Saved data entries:
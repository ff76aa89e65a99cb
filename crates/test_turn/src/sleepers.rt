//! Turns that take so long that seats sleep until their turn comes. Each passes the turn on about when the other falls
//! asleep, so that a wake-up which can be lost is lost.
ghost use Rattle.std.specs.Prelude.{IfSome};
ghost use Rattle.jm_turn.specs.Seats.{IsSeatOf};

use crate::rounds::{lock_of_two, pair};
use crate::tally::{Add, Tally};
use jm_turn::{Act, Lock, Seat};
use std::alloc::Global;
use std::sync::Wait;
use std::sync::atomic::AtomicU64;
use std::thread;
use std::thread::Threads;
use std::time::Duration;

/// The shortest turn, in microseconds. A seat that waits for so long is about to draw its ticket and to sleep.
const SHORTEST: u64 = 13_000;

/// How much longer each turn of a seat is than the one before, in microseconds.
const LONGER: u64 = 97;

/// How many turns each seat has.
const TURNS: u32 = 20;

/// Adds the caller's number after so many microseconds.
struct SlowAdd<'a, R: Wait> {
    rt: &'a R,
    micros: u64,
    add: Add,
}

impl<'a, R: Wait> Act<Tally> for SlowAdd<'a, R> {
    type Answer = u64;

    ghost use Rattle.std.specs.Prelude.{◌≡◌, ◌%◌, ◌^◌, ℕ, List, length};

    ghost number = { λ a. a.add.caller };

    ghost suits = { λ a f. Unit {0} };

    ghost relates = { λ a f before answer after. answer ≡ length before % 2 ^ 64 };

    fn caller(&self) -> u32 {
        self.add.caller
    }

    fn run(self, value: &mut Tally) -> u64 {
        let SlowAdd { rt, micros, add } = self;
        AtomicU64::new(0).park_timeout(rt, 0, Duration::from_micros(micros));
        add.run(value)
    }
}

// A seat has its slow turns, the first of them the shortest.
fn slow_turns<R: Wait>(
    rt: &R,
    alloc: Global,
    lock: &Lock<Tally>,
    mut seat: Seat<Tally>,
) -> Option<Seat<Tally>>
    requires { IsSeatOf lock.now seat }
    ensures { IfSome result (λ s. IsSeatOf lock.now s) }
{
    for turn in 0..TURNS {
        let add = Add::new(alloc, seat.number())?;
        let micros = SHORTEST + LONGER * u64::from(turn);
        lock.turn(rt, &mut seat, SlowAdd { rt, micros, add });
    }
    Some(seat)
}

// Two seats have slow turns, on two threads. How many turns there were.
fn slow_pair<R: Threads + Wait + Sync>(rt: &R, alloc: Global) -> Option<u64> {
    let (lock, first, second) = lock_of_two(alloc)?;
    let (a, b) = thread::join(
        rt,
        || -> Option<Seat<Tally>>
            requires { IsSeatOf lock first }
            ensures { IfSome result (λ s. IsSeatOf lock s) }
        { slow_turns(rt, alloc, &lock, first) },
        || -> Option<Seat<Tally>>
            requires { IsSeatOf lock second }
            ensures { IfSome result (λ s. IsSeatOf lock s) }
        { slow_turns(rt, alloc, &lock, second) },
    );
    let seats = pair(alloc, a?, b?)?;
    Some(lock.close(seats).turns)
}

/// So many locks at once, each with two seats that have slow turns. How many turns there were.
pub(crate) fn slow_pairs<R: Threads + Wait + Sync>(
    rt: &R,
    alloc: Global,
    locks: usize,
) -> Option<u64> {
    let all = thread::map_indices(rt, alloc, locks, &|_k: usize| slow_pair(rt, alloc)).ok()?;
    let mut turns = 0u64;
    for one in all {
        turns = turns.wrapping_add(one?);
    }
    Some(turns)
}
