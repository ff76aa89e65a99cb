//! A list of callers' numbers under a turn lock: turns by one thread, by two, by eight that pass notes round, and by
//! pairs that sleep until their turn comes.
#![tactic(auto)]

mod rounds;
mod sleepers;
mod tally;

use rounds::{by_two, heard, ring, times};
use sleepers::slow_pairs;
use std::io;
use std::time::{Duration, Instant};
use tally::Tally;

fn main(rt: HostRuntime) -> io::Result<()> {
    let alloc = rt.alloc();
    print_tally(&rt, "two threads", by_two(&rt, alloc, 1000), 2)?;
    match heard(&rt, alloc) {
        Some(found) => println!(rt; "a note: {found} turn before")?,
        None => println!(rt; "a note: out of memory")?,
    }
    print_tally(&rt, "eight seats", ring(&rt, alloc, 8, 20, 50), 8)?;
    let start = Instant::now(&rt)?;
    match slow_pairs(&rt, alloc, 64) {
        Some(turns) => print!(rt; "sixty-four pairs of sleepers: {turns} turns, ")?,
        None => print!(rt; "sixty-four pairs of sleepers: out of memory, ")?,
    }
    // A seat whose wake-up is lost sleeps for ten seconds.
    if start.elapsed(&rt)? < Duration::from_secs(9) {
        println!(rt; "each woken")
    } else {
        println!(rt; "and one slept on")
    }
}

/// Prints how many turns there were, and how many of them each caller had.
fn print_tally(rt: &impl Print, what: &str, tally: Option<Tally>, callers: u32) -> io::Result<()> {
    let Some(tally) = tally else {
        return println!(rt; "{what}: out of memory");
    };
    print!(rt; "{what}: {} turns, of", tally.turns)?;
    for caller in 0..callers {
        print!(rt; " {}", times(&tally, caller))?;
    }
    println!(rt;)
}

## Your assignment
Show the lines where the word "Rattle" appears in the entries.

## Answer below
ghost use Rattle.std.specs.Prelude.{IfSome};
ghost use Rattle.jm_turn.specs.Seats.{IsSeatOf};
    ghost use Rattle.std.specs.Prelude.{◌≡◌, ◌%◌, ◌^◌, ℕ, List, length};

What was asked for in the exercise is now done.